A3.1: We have documentation pages in JDox that give you an overview of the pipeline, along with some examples. All relevant pipeline pages are in the "Data" section of JDox. We have a "Getting Started" page here: https://jwst-docs.stsci.edu/getting-started-with-jwst-data. An overview of the pipeline and links to pipeline notebooks can be found in this section: https://jwst-docs.stsci.edu/jwst-science-calibration-pipeline. These all use the jwst package on Github. Installation instructions are here: https://jwst-docs.stsci.edu/jwst-science-calibration-pipeline#JWSTScienceCalibrationPipeline-installInstallation.

Q3.2: How often do I need specialized processing rather than the default processing for data in MAST?

A3.2: It depends on your science case and mode. For instance, if you look at the NIRCam Calibration Status page, it can help you decide if you should reprocess your data with more specialized or optimized parameters for your science case. Additionally, you can check the NIRCam Imaging Known Issues for more information about pipeline-specific issues.

Q3.3: What level should I start with for reprocessing?

A3.3: It may be best to start with Stage 3 products, and if you are seeing that there are issues (e.g., with image alignment), then you can revisit the Known Issues pages for more guidance on how to fix the specific issues that you might be noticing in the data.

Q3.4: If astrometry is the main objective, what should I check? Should I compare with Gaia to reconcile small deviations? 

A3.4: The NIRCam Imaging Known Issues page has a lot of information and tips for improving image alignment. Sometimes the spacecraft WCS aren't quite perfect for all the data. These pages have guidance for how to modify the pipeline offline to bring an exposure back into alignment. Some of these methods already use Gaia.


Q4: I am working on MIRI/MRS SZ Cha data from PID 1676. I am starting from the _uncal files. When I use the JWST-specific MAST search form, only some of the _uncal files are shown for download (24 files). But when I use the older, generic MAST form, all 48 are present and available to download.
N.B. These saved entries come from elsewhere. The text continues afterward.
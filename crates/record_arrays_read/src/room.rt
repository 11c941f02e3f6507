// Internal: the bytes that the arrays of a full record take in a unit list.
ghost use Rattle.std.specs.Prelude.{◌≡◌, ◌≤◌, ◌^◌, length};
ghost use Rattle.parse.specs.Parse.{times};
ghost use Rattle.parse.specs.inner.Answers.{there_of};
ghost use Rattle.record_arrays.specs.Read.{record_array};
ghost use Rattle.counted_units.specs.inner.Counted.{RoomFits, room_taken};
ghost use Rattle.record_arrays_read.specs.inner.Arrays.{array_in_list, arrays_in_list};

use counted_units::units;
use record_arrays::Codec;
use unit_list::ARRAY_HEAD;

// The bytes that the array at place `at` takes in a list, and the place after it; none where the record is too short.
pub fn array_room(codec: Codec, record: &[u8], at: usize) -> Option<(usize, usize)>
    requires { length «record».now ≤ 2 ^ 30 }
    ensures { (there_of result ≡ room_taken array_in_list «record».now 0 (record_array codec «record».now at))
        × RoomFits «record».now at result }
{
    let (head, units) = super::arrays::array_head(codec, record, at)?;
    let (room, ends) = units::units_room(record, units, head.count, 2)?;
    Some((ARRAY_HEAD + room, ends))
}

// The same for `count` arrays from place `from` on.
pub fn arrays_room(codec: Codec, record: &[u8], from: usize, count: usize) -> Option<(usize, usize)>
    requires { (length «record».now ≤ 2 ^ 30) × (from ≤ length «record».now) }
    ensures { (there_of result ≡ room_taken arrays_in_list «record».now 0 (times count (record_array codec) «record».now from))
        × RoomFits «record».now from result }
{
    let mut at = from;
    let mut room: usize = 0;
    for _ in 0..count {
        let (more, ends) = array_room(codec, record, at)?;
        room += more;
        at = ends;
    }
    Some((room, at))
}
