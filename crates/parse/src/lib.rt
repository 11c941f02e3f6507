// Parsers and outcomes, which the definitions are written in, and their laws; general laws of lists, booleans and stores. There is no code.

#![tactic(auto)]
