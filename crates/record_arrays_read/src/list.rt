// Internal: the arrays of a full record, known to be complete, stored as those of a unit list.
ghost use Rattle.std.specs.Prelude.{◌≡◌, ◌+◌, ◌≤◌, ◌^◌, length};
ghost use Rattle.std.proofs.lemmas.List.Edits.{sets};
ghost use Rattle.parse.specs.Parse.{times, outcome};
ghost use Rattle.parse.specs.inner.Stores.{Puts};
ghost use Rattle.record_arrays.specs.Read.{record_array};
ghost use Rattle.counted_units.specs.inner.Counted.{stored_bytes, StoredAt};
ghost use Rattle.record_arrays_read.specs.inner.Arrays.{array_in_list, arrays_in_list};

use counted_units::{Stored, units};
use record_arrays::Codec;
use unit_list::{ARRAY_HEAD, LIST_WIDTH, write};

// Stores the array at a place of the record: its units first, then its length, complete byte and type before them.
fn put_array(codec: Codec, record: &[u8], at: usize, out: &mut [u8], to: usize) -> Stored
    requires { (length «record».now ≤ 2 ^ 30) × Puts (array_in_list «record».now) (outcome (record_array codec «record».now at)) out.old to }
    ensures { StoredAt array_in_list «record».now (record_array codec «record».now at) out.old to
        out.new result }
{
    let Some((head, units)) = super::arrays::array_head(codec, record, at) else {
        return Stored { from: at, to };
    };
    let stored = units::put_units(record, units, head.count, 2, out, to + ARRAY_HEAD);
    let rest = stored.to - to - LIST_WIDTH;
    let complete = head.reserved_bit * 2 + head.complete;
    write::put_array_head(out, to, LIST_WIDTH, rest, complete, head.unit_type);
    stored
}

// Stores `count` arrays from place `from` of the record.
pub fn put_arrays(codec: Codec, record: &[u8], from: usize, count: usize, out: &mut [u8], to: usize)
    requires { (length «record».now ≤ 2 ^ 30)
        × Puts (arrays_in_list «record».now) (outcome (times count (record_array codec) «record».now from)) out.old to }
    ensures { out.new
        ≡ sets out.old to
        (stored_bytes arrays_in_list «record».now (times count (record_array codec) «record».now from)) }
{
    let mut at = from;
    let mut next = to;
    for _ in 0..count {
        let stored = put_array(codec, record, at, out, next);
        at = stored.from;
        next = stored.to;
    }
}
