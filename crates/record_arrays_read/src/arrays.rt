// Internal: the head of an array, and the arrays of a full record read into a unit list.
ghost use Rattle.std.specs.Prelude.{◌≡◌, ◌+◌, ◌≤◌, ◌^◌, length, if◌then◌else◌};
ghost use Rattle.parse.specs.Answers.{answer_of};
ghost use Rattle.parse.specs.Outcome.{lent_output};
ghost use Rattle.parse.specs.inner.Answers.{there_of};
ghost use Rattle.boxes.specs.Bytes.{be};
ghost use Rattle.record_arrays.specs.Read.{holds_one};
ghost use Rattle.record_arrays.specs.inner.Counts.{count_len};
ghost use Rattle.record_arrays_read.specs.inner.Arrays.{array_head, ArrayHeadFits, counted_arrays, list_given};

use super::{ArrayHead, list, room};
use boxes::place;
use error::Refusal;
use record_arrays::{Codec, array};

// The number of units of an array of the type, from the count at place `at`; 1 where there is no count.
fn unit_count(codec: Codec, record: &[u8], at: usize, unit_type: u8) -> usize
    requires { at + count_len codec unit_type ≤ length «record».now }
    ensures { result ≡ (if holds_one codec unit_type then 1 else be «record».now at 2) }
{
    if array::holds_one(codec, unit_type) {
        return 1;
    }
    place::number(record, at, 2)
}

// The head of the array at place `at`, and the place after it; none where the record is too short.
pub fn array_head(codec: Codec, record: &[u8], at: usize) -> Option<(ArrayHead, usize)>
    requires { length «record».now ≤ 2 ^ 30 }
    ensures { (there_of result ≡ array_head codec «record».now at) × ArrayHeadFits «record».now at result }
{
    let first = *record.get(at)?;
    let complete = array::complete_of(first);
    let reserved_bit = array::reserved_of(codec, first);
    let unit_type = array::unit_type_of(codec, first);
    let units = at + 1 + array::count_len(codec, unit_type);
    if record.len() < units {
        return None;
    }
    let count = unit_count(codec, record, at + 1, unit_type);
    let head = ArrayHead {
        complete,
        reserved_bit,
        unit_type,
        count,
    };
    Some((head, units))
}

// Writes the unit list of the arrays whose count is at place `at`, and returns the place after them and the length of the list; they are measured
// before anything is written. Refusals: 1, 20.
pub fn read_list(
    codec: Codec,
    record: &[u8],
    at: usize,
    out: &mut [u8],
) -> Result<(usize, usize), Refusal>
    requires { length «record».now ≤ 2 ^ 30 }
    ensures { (answer_of result, out.new)
        ≡ lent_output (list_given «record».now (counted_arrays codec «record».now at)) out.old }
{
    let count = usize::from(*record.get(at).ok_or(Refusal::Truncated)?);
    let (room, consumed) = room::arrays_room(codec, record, at + 1, count).ok_or(
        Refusal::Truncated,
    )?;
    let len = 1 + room;
    if out.len() < len {
        return Err(Refusal::BufferTooShort);
    }
    place::put(out, 0, 1);
    list::put_arrays(codec, record, at + 1, count, out, 1);
    Ok((consumed, len))
}
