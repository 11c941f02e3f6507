// The calls on bytes and units that `replay` makes: those of `error`, `boxes`, `nal`, `unit_check`, `list_units`, `split` and `annex_b`.
#![tactic(auto)]

pub mod boxes_calls;
pub mod list_calls;
pub mod nal_calls;
pub mod split_calls;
Why is this?

A4: In the original version of MAST, it includes uncal files for the background, as well, since they're used to construct the final data product. That should explain the differences you are seeing. 


Q5.1: We have observations of unresolved classical T Tauri stars with dedicated background exposures. All used the 4-point dither optimized for point sources. What is the best procedure for background subtraction, with the context that we are interested in absolute continuum variability? We have tried both 1) subtracting the background image from the science image (but this decreases the SNR), and 2) performing the master background subtraction in the Spec3 stage that takes the 1D background spectrum and uses a model to turn it into the 2D image (doesn’t decrease SNR). However, this causes a weird feature at the edges of the orders making it hard to scale them to one another. Before we could scale them more easily. Is this a byproduct of the different background subtraction method or is it some other change in the JWST 1.14.0 version? I'm using a modified version of the MIRI MRS Data Reduction Notebook (modified specifically for T Tauri stars). Using 1D master background subtraction (not pixel-based). 
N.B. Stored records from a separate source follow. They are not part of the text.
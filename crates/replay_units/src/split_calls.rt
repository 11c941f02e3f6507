// Internal: the calls of `split` and of `annex_b`.
use boxes::place;
use error::Refusal;
use replay_text::{fields, shown};
use split::NextUnit;

// Puts the next unit: 1, where it lies and the place after it, or 0 if there is none.
fn next(r: Result<Option<NextUnit>, Refusal>, text: &mut [u8], at: usize) -> usize {
    match r {
        Ok(Some(step)) => shown::span(text, at, step.unit, step.next),
        Ok(None) => shown::number(text, at, 0),
        Err(e) => shown::refused(text, at, e),
    }
}

// The calls by their numbers, which are those of the format of a case (crates/replay/README.md).
pub fn answer(op: u8, numbers: &[u8], s: &[u8], text: &mut [u8], at: usize) -> usize {
    let size = place::byte(numbers, 0);
    let k = fields::place(numbers, 1);
    match op {
        23 => shown::counted(text, at, split::split_length_prefixed_count(s, size)),
        24 => shown::part(text, at, split::split_length_prefixed(s, size, k)),
        25 => shown::counted(text, at, annex_b::split_annex_b_count(s)),
        26 => shown::part(text, at, annex_b::split_annex_b(s, k)),
        27 => next(annex_b::next_unit(s, k), text, at),
        39 => next(split::next_item_unit(s, size, k), text, at),
        42 => shown::place(text, at, split::split_length_prefixed_at(s, size, k)),
        _ => shown::place(text, at, annex_b::split_annex_b_at(s, k)),
    }
}
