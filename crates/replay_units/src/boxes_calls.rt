// Internal: the calls of `error` and `boxes`.
use boxes::place;
use error::Refusal;
use replay_text::{fields, shown};

// `number`: the refusal that a case names, by its number; any other number up to 12 is taken as 12, any above as 29.
fn refusal(n: u8) -> Refusal {
    let last = if n < 13 {
        Refusal::CodeTooLong
    } else {
        Refusal::TooLongToNarrow
    };
    Refusal::try_from(u32::from(n)).unwrap_or(last)
}

// The calls by their numbers, which are those of the format of a case (crates/replay/README.md).
pub fn answer(op: u8, numbers: &[u8], s: &[u8], text: &mut [u8], at: usize) -> usize {
    let from = fields::place(numbers, 0);
    match op {
        1 => shown::refused(text, at, refusal(place::byte(numbers, 0))),
        3 => shown::field(text, at, boxes::u8_at(s, from)),
        4 => shown::field(text, at, boxes::u16_at(s, from)),
        _ => shown::field(text, at, boxes::u32_at(s, from)),
    }
}
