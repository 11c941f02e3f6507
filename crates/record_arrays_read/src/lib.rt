// Internal to full read and HEVC read: the arrays of a full record read into a unit list (SCOPE 3.10 and 4.11).
#![tactic(auto)]

pub mod arrays;
pub mod list;
pub mod room;

// What comes before the units of an array: complete, reserved bit, type, and the number of units.
#[derive(Clone, Copy, Debug, PartialEq, Eq)]
pub struct ArrayHead {
    pub complete: u8,
    pub reserved_bit: u8,
    pub unit_type: u8,
    pub count: usize,
}
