// What one thread reads and writes of a word. Half h is of register h / 2, its low half where h is even, its high half where h is odd.
#![tactic(auto)]

ghost use Rattle.std.specs.Prelude.{◌≡◌, ℕ, Bool, cond, ◌*◌, ◌/◌, ◌%◌, ◌^◌, ◌<◌, eqb};
ghost use Rattle.std.specs.Int.Bits.{bit_and, bit_or};
ghost use Rattle.machine.specs.Lanes.{active_in, pack};
ghost use Rattle.machine.specs.Words.{pair_of};

// ---- where a half stands

// The bit of the word that the half starts at.
pub fn place(h: u16) -> u32
    ensures { result ≡ cond (eqb (h % 2) 0) 0 16 }
{
    if h % 2 == 0 { 0 } else { 16 }
}

// The bits of the word that are the other half's.
pub fn other(h: u16) -> u32
    ensures { result ≡ cond (eqb (h % 2) 0) 4294901760 65535 }
{
    if h % 2 == 0 { 0xffff0000 } else { 0x0000ffff }
}

// ---- reading

pub fn part(word: u32, place: u32) -> u64
    requires { place < 32 }
    ensures { result ≡ word / 2 ^ place % 2 ^ 16 }
{
    u64::from((word >> place) % 65536)
}

pub fn pair(first: u32, second: u32) -> u64
    ensures { result ≡ pair_of first second }
{
    u64::from(second) * 4294967296 + u64::from(first)
}

// ---- writing

pub fn active(mask: u32, t: usize) -> bool
    requires { t < 32 }
    ensures { result ≡ active_in mask t }
{
    (mask >> t) % 2 == 1
}

pub fn choose<T: Copy>(on: bool, new: T, old: T) -> T
    ensures { result ≡ cond on new old }
{
    if on { new } else { old }
}

// The bits of the other half, and the value at its place.
pub fn merge(word: u32, other: u32, x: u32, place: u32) -> u32
    requires { place < 32 }
    ensures { result ≡ bit_or (bit_and word other) (x % 2 ^ 16 * 2 ^ place % 2 ^ 32) }
{
    (word & other) | (x % 65536 << place)
}

// The 32 bits of a result from the bit k on.
pub fn result_word(x: u64, k: u32) -> u32
    requires { k < 64 }
    ensures { result ≡ x / 2 ^ k % 2 ^ 32 }
{
    ((x >> k) % 4294967296) as u32
}

// ---- the mask

// Bit t, where the thread's value is 0.
pub fn bit(zero: bool, t: usize) -> u32
    requires { t < 32 }
    ensures { result ≡ cond zero (2 ^ t) 0 }
{
    if zero { 1u32 << t } else { 0 }
}

// The threads of which f holds, a bit each.
pub fn mask<F: Fn(usize) -> bool>(f: F) -> u32
    requires { (t : ℕ) → t < 32 → F.pre f t }
    ensures { (p : ℕ → Bool) → ((t : ℕ) (on : Bool) → t < 32 → F.post f t on → on ≡ p t)
        → result ≡ pack 32 p }
{
    let mut mask = 0u32;
    for t in 0..32 {
        mask += bit(f(t), t);
    }
    mask
}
A5.1: There may be an issue with how the master background subtraction is being applied to the data. It doesn't appear this would be an aperture correction issue, due to the nature of the feature they're seeing. Please submit a help desk ticket and MIRI experts can investigate more.  
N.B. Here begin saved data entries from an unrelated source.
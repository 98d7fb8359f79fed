// The questions and the answer of a column search: what the single calls (crates/store_searches), the jobs of a batch (crates/store_batches) and the first call of a held search (crates/store_held) share.
// And the supercode search over a stack and masks that are lent, for those who search many columns: a batch and the census of flips (crates/census).
#![tactic(auto)]

ghost use Rattle.std.specs.Prelude.{◌≡◌};
ghost use Rattle.column.specs.Shape.{short};
ghost use Rattle.trellis.specs.Values.{level_values};
ghost use Rattle.trellis.specs.Demand.{supercode};
ghost use Rattle.trellis.specs.TwoWords.{off, searched_by};
ghost use Rattle.search.specs.Outcomes.{SupercodesBelow};
ghost use Rattle.list_of_two.specs.Ways.{choice};
ghost use Rattle.questions.specs.Answer.{refused, done};
ghost use Rattle.searches.specs.Searches.{Allowed, ask_search, outcome_answer, as_answer};

use extension::Trellis;
use list_of_two::hard::HardTables;
use questions::refusal::{Question, Refusal};
use search::Found;
use stack::Stack;

// The questions of a column search before 9, in their order; 11 with list of two, where there is a threshold.
pub fn asked(level: u64, soft: &[u8], limit: u64, threshold: Option<i64>) -> Result<(), Refusal>
    ensures { result ≡ ask_search (choice threshold) level soft.now limit refused done }
{
    questions::ask(soft.len() == 30, Question::InputLength, 0)?;
    questions::ask(level < 4, Question::Level, 0)?;
    questions::ask(1 <= limit, Question::Limit, 0)?;
    questions::ask(limit <= 2000, Question::Limit, 0)?;
    let allowed = list_of_two::threshold_allowed(threshold);
    questions::ask(allowed, Question::Threshold, 0)?;
    questions::in_range(soft, 7)
}

// The outcome of a search as its answer: 9 where it is spent.
pub fn as_answer(found: Option<Found>) -> Result<Found, Refusal>
    ensures { result ≡ as_answer found }
{
    found.ok_or(Refusal {
        question: Question::Spent,
        place: 0,
    })
}

// The supercode search of a column whose questions are all answered yes, over a stack and masks that are lent; the stack may hold anything.
pub fn search_supercodes(
    stack: &mut Stack,
    masks: &[[u64; 30]; 8],
    column: &[u8],
    level: usize,
    limit: u64,
) -> Result<Found, Refusal>
    requires { SupercodesBelow 4 masks.now × Allowed level column.now limit }
    ensures { result ≡ outcome_answer (searched_by off supercode short (level_values level) limit column.now level) }
{
    let values = search::short_page::level_values(level);
    let trellis = Trellis {
        n: 30,
        col: column,
        left: &masks[level],
        right: &masks[level + 4],
        values: &values,
    };
    let way = list_of_two::way_of(limit, true, None);
    // without list of two no hard reading is made, and these are not read
    let hard = HardTables {
        checks: [0; 30],
        agreeing: [0; 8],
    };
    as_answer(list_of_two::search_by(stack, &trellis, &hard, way))
}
Q5.2: Can you give a quick overview of the aperture correction? 

A5.2: For MRS cubes, the aperture correction is a conical circular aperture correction that depends on the source type. For point sources, it will do a circular aperture extraction whose radius grows with wavelength (corresponding to increasing PSF radius). Then, it subtracts an annular background. The parameters for these steps are in the extract_1d reference files. It applies a scaling factor to deal with what you would have lost based on some PSF model (the default aperture). Those values can be found in the aperture correction reference file.